Who among the following is definitely sitting at one of the ends?
- A.
C
- B.
H
- C.
E
- D.
None of these
Attempted by 11 students.
Show answer & explanation
Correct answer: C
CONCEPT: In a linear seating puzzle, first lock any pair fixed by an exact numeric gap ("four persons between X and Y" means their seats are exactly 5 apart), then chain the remaining relative-order and immediate-"between" clues onto that pair. If two or more arrangements satisfy every clue, only the seat that is IDENTICAL in every valid arrangement is "definitely" true — a seat that differs between arrangements is not.

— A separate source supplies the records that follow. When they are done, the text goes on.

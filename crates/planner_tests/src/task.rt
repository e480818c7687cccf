// Random blocks for a machine.
use machine::Machine;
use parity::fresh_words;
use planner::store::{Block, Places};
use random::Random;
use replaying::words::{add, exchange};
use std::test::*;

// The block that does nothing.
// Kept: a trait for what `Block` and `Places` are made by would be longer than this and the next.
pub(crate) fn empty_block(wires: usize) -> Result<Block, Fail> {
    Ok(Block::new(wires).ok_or("no block of that size")?)
}

// Each wire at the place of its own number.
pub(crate) fn own_places(wires: usize) -> Result<Places, Fail> {
    Ok(Places::new(wires).ok_or("no placement of that size")?)
}

// A block, and a plain copy of its words.
// Kept: the benchmark has one, too; shared, its calls would need contracts that are longer than their bodies.
#[derive(Drop)]
pub(crate) struct Task {
    pub(crate) block: Block,
    pub(crate) words: [u64; 64],
}

impl Task {
    fn new(wires: usize) -> Result<Task, Fail> {
        Ok(Task {
            block: empty_block(wires)?,
            words: fresh_words(),
        })
    }

    fn cx(&mut self, a: usize, b: usize) -> Result<(), Fail> {
        self.block.cx(a, b)?;
        Ok(add(&mut self.words, a, b).ok_or("no such wire")?)
    }

    fn swap(&mut self, a: usize, b: usize) -> Result<(), Fail> {
        self.block.swap(a, b)?;
        Ok(exchange(&mut self.words, a, b).ok_or("no such wire")?)
    }
}

// Which calls a random block is made of.
#[derive(Clone, Copy, PartialEq, Eq)]
enum Kind {
    Swaps,
    Both,
    // CX between wires whose numbers are those of joined places, so that islands are mostly kept apart
    Near,
}

// A random block for the machine.
pub(crate) fn random_task<M: Machine>(machine: &M, random: &mut Random) -> Result<Task, Fail> {
    let n = machine.width();
    let mut task = Task::new(n)?;
    let kind = match random.below(4) {
        Some(0) => Kind::Swaps,
        Some(1) => Kind::Near,
        _ => Kind::Both,
    };
    for _ in 0..random.below(n * 4).ok_or("no wires")? {
        call(machine, random, kind, &mut task)?;
    }
    Ok(task)
}

// One random call.
// Kept: the machine and the random numbers are of two owners, and three short functions are given both.
fn call<M: Machine>(
    machine: &M,
    random: &mut Random,
    kind: Kind,
    task: &mut Task,
) -> Result<(), Fail> {
    let ends = match kind {
        Kind::Near => near_pair(machine, random)?,
        Kind::Swaps | Kind::Both => random.pair(machine.width()),
    };
    let Some((a, b)) = ends else {
        return Ok(());
    };
    match kind {
        Kind::Swaps => task.swap(a, b),
        Kind::Both if random.below(4) == Some(0) => task.swap(a, b),
        Kind::Both | Kind::Near => task.cx(a, b),
    }
}

// The ends of a random coupler, in either order, if it is in service.
fn near_pair<M: Machine>(machine: &M, random: &mut Random) -> Result<Option<(usize, usize)>, Fail> {
    let couplers = machine.couplers();
    if couplers == 0 {
        return Ok(None);
    }
    let turned = random.below(2) == Some(1);
    let k = random.below(couplers).ok_or("no couplers")?;
    let (left, right) = machine.ends(k)?;
    let ends = if turned { (right, left) } else { (left, right) };
    Ok(machine.serves(k)?.then_some(ends))
}
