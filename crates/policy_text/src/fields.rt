// Does a text name a field that is not there: 5.
ghost use Rattle.std.specs.Prelude.{◌≡◌, ℕ, ◌-◌, ◌<◌};
ghost use Rattle.policy_text.specs.XForms.{field_number, is_no_field};
ghost use Rattle.policy_text.specs.Reading.{first};

// The value of a digit.
fn value(b: u8) -> u32
    ensures value { result ≡ b - 48 }
    ensures upper_bound { result < 256 }
{
    u32::from(b.saturating_sub(b'0'))
}

// The N that what is left of a text begins with.
fn number(rest: &[u8]) -> u32
    ensures { result ≡ field_number rest.now }
{
    match rest {
        [] => 0,
        [a] => value(*a),
        [a, b, ..] if b.is_ascii_digit() => value(*a) * 10 + value(*b),
        [a, _, ..] => value(*a),
    }
}

// An `x` before an N that is k or more?
fn no_field(rest: &[u8], k: u32) -> bool
    ensures { result ≡ is_no_field k rest.now }
{
    match rest {
        [b'x', field @ ..] => k <= number(field),
        _ => false,
    }
}

// The first `x` whose N is k or more.
pub(crate) fn first_without(text: &[u8], k: u32) -> Option<usize>
    ensures { result ≡ first (is_no_field k) 0 text.now }
{
    (0..text.len()).find(|at| no_field(&text[*at..], k))
}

APPLICATION: Since all ten students face the same direction (west), their own right side points north and their own left side points south, so every "left of/right of" clue and every "north of/south of" clue can be placed on one single, consistent order.

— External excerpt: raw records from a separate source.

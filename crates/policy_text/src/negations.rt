// Does a text have `!` before an operand with `:=`, `*` or `T`: 8.
ghost use Rattle.std.specs.Prelude.{◌≡◌, ℕ, ◌<◌};
ghost use Rattle.policy_text.specs.XForms.{x_forms};
ghost use Rattle.policy_text.specs.Reading.{first, is_test, open_after, is_clean_inside, is_clean, does_offend};

// After `x`: a test, and no assignment?
fn is_test(rest: &[u8]) -> bool
    ensures { result ≡ is_test rest.now }
{
    for b in rest {
        match *b {
            b':' => return false,
            b'=' => return true,
            _ => {}
        }
    }
    true
}

// How many parentheses are open after a byte.
fn opened(b: u8, count: usize) -> usize
    requires { count < 18446744073709551615 }
    ensures { result ≡ open_after b count }
{
    match b {
        b'(' => count + 1,
        b')' => count.saturating_sub(1),
        _ => count,
    }
}

// After `(`: no `:`, `*` or `T` up to its `)`?
fn clean_inside(rest: &[u8]) -> bool
    ensures { result ≡ is_clean_inside rest.now 1 }
{
    let mut count: usize = 1;
    for b in rest {
        if count == 0 {
            return true;
        }
        // A local for each test that an edit of must-fail changes: a goal is named after what its test compares.
        let star = *b == b'*';
        let full = *b == b'T';
        if *b == b':' || star || full {
            return false;
        }
        count = opened(*b, count);
    }
    true
}

// No `:`, `*` or `T` in the atom that what is left of a text begins with? A `!` before it is passed over.
fn clean(rest: &[u8]) -> bool
    ensures { result ≡ is_clean x_forms rest.now }
{
    let mut atom = rest;
    while let [b'!', operand @ ..] = atom {
        atom = operand;
    }
    match atom {
        [b'(', inside @ ..] => clean_inside(inside),
        [b'x', field @ ..] => is_test(field),
        [b'T', ..] => false,
        _ => true,
    }
}

// A `!` before an operand with `:`, `*` or `T`?
fn offends(rest: &[u8]) -> bool
    ensures { result ≡ does_offend x_forms rest.now }
{
    match rest {
        [b'!', operand @ ..] => !clean(operand),
        _ => false,
    }
}

// The first offending `!`.
pub(crate) fn first_offending(text: &[u8]) -> Option<usize>
    ensures { result ≡ first (does_offend x_forms) 0 text.now }
{
    (0..text.len()).find(|at| offends(&text[*at..]))
}
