// The plain store, its programs and what they mean: definitions and proofs alone, which the contracts of all crates above cite.
#![tactic(auto)]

"Four persons between E and A" fixes E and A exactly 5 seats apart on the row of 10.
"G is between E and F" (immediately, no one else between) combined with "G is to the left of D" and "F is to the south of D" places the E–G–F block right next to D, on D's near side.

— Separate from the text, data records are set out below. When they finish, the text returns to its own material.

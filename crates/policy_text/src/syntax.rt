// Does a text follow the grammar, nested at most 32 deep, and where does it first not: a byte that cannot stand there (7), or a `(` or `!` inside 32
// others (9). What a part of the grammar reads is its end.
ghost use Rattle.std.specs.Prelude.{◌≡◌, Bool, ℕ, ◌≤◌, [], ◌∷◌, length};
ghost use Rattle.policy_text.specs.XForms.{x_forms};
ghost use Rattle.policy_text.specs.Machine.{inside, need, spelt, bit, reads};
ghost use Rattle.policy_text.specs.Misreads.{misread};
ghost use Rattle.policy_text.specs.Posts.{ByteAt, DeeperAt, AtomPost, RelationPost, JoinPost, StarsPost, continues_starred, continues_product};
ghost use Rattle.policy_text.specs.Posts.{continues_term, continues_sum, read_of};
ghost use Rattle.policy_text.specs.declared.Fault.{Fault};

use super::{Fault, Misread, Rank};

// A byte that cannot stand there.
fn not_policy(at: usize) -> Misread
    ensures { result ≡ misread Fault.NotPolicy at }
{
    Misread {
        fault: Fault::NotPolicy,
        at,
    }
}

// The depth of what follows a `(` or a `!` at an offset, which are inside at most 31 others.
fn deeper(at: usize, depth: u32) -> Result<u32, Misread>
    ensures { DeeperAt at depth result }
{
    if depth < 32 {
        return Ok(depth + 1);
    }
    Err(Misread {
        fault: Fault::TooDeep,
        at,
    })
}

// The byte at an offset, if the text does not end before it.
fn byte(text: &[u8], at: usize) -> Result<u8, Misread>
    ensures { ByteAt text.now at result }
{
    text.get(at).copied().ok_or(not_policy(at))
}

// The value b, which follows `=`.
fn read_bit(text: &[u8], at: usize) -> Result<usize, Misread>
    ensures { (k : Bool) (n d : ℕ) → AtomPost x_forms text.now d (inside (bit k n)) at result }
{
    match byte(text, at)? {
        b'0' | b'1' => Ok(at + 1),
        _ => Err(not_policy(at)),
    }
}

// What follows N: `=` and b, or `:=` and b.
fn read_relation(text: &[u8], at: usize) -> Result<usize, Misread>
    ensures { RelationPost x_forms text.now at result }
{
    match byte(text, at)? {
        b'=' => read_bit(text, at + 1),
        b':' => {
            let next = at + 1;
            if byte(text, next)? == b'=' {
                return read_bit(text, next + 1);
            }
            Err(not_policy(next))
        }
        _ => Err(not_policy(at)),
    }
}

// What follows `x`: N, and what follows it.
fn read_field(text: &[u8], at: usize) -> Result<usize, Misread>
    ensures { (d : ℕ) → AtomPost x_forms text.now d (inside (spelt (120 ∷ []))) at result }
{
    match byte(text, at)? {
        b'0' => read_relation(text, at + 1),
        b'1'..=b'9' => {
            let next = at + 1;
            if byte(text, next)?.is_ascii_digit() {
                return read_relation(text, next + 1);
            }
            read_relation(text, next)
        }
        _ => Err(not_policy(at)),
    }
}

// The end of the `*` after an item.
fn stars(text: &[u8], at: usize) -> usize
    requires { at ≤ length text.now }
    ensures { StarsPost x_forms text.now at result }
{
    at + text[at..].iter().take_while(|b| **b == b'*').count()
}

#[cycle(atom_starred_product_term_sum)]
fn atom(text: &[u8], at: usize, depth: u32) -> Result<usize, Misread>
    ensures { AtomPost x_forms text.now depth need at result }
{
    match byte(text, at)? {
        b'0' | b'1' | b'T' => Ok(at + 1),
        b'x' => read_field(text, at + 1),
        b'!' => {
            let inner = deeper(at, depth)?;
            atom(text, at + 1, inner)
        }
        b'(' => {
            let inner = deeper(at, depth)?;
            let end = sum(text, at + 1, inner)?;
            // A local, since an edit of must-fail changes this test, and a goal is named after what its test compares.
            let closes = byte(text, end)? == b')';
            if closes {
                return Ok(end + 1);
            }
            Err(not_policy(end))
        }
        _ => Err(not_policy(at)),
    }
}

#[cycle(atom_starred_product_term_sum)]
fn starred(text: &[u8], at: usize, depth: u32) -> Result<usize, Misread>
    ensures { JoinPost x_forms continues_starred text.now depth at result }
{
    let end = atom(text, at, depth)?;
    Ok(stars(text, end))
}

// A product, a term and a sum are a function each: one over the rank calls itself at each `(`, which the compiler does not take into `atom` as it takes these
// three (docs/DECISIONS.md, Speed). Each turn goes on by as much as a part reads, by a call that may refuse, so no iterator gives its steps. The text stays and
// offset and depth change at each call, so they are parameters of their own.
#[cycle(atom_starred_product_term_sum)]
fn product(text: &[u8], at: usize, depth: u32) -> Result<usize, Misread>
    ensures { JoinPost x_forms continues_product text.now depth at result }
{
    let mut end = starred(text, at, depth)?;
    while end < text.len() && Rank::Product.joins(text[end]) {
        end = starred(text, end + 1, depth)?;
    }
    Ok(end)
}

#[cycle(atom_starred_product_term_sum)]
fn term(text: &[u8], at: usize, depth: u32) -> Result<usize, Misread>
    ensures { JoinPost x_forms continues_term text.now depth at result }
{
    let mut end = product(text, at, depth)?;
    while end < text.len() && Rank::Term.joins(text[end]) {
        end = product(text, end + 1, depth)?;
    }
    Ok(end)
}

#[cycle(atom_starred_product_term_sum)]
fn sum(text: &[u8], at: usize, depth: u32) -> Result<usize, Misread>
    ensures { JoinPost x_forms continues_sum text.now depth at result }
{
    let mut end = term(text, at, depth)?;
    while end < text.len() && Rank::Sum.joins(text[end]) {
        end = term(text, end + 1, depth)?;
    }
    Ok(end)
}

// The whole text.
pub(crate) fn check(text: &[u8]) -> Result<(), Misread>
    ensures { result ≡ read_of (reads x_forms text.now) }
{
    let end = sum(text, 0, 0)?;
    if end == text.len() {
        return Ok(());
    }
    Err(not_policy(end))
}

"J is between A and D" (immediately) places J right next to both A and D, giving a fixed six-seat chain E–G–F–D–J–A running from one end of the row inward.
Testing this six-seat chain against the 10 seats and the edge rule ("B and F are not on either edge") pins E at one end of the row, with G, F, D, J, A occupying the next five seats in order.
The four seats left over (for B, C, H and I) must satisfy "I is to the north of B" and "H is to the right of J", which places B then I next to A's side, leaving the outermost of the four remaining seats for H or C — and "there are two persons between H and C" (exactly 3 seats apart) holds equally whichever of H or C takes that outer seat.
So exactly two seatings satisfy every single clue — they differ only in whether H or C sits at the far end:
Seat 1 | Seat 2 | Seat 3 | Seat 4 | Seat 5 | Seat 6 | Seat 7 | Seat 8 | Seat 9 | Seat 10 |
|---|---|---|---|---|---|---|---|---|---|
H | I | B | C | A | J | D | F | G | E |
C | I | B | H | A | J | D | F | G | E |
CROSS-CHECK: Both rows above satisfy every clue (edge rule, the E–A gap, the H–C gap, and every left/right and north/south relation) — check any one clue against both rows and it holds in each. The two rows differ only in Seat 1 vs Seat 4 (H and C swap places); every other seat, including Seat 10, is identical in both.
RESULT: E occupies Seat 10 — an end of the row — in both valid seatings, so E is definitely sitting at one of the ends. H sits at an end only in the first seating and C sits at an end only in the second, so neither H nor C is definite, and since E does satisfy the condition, "None of these" is wrong.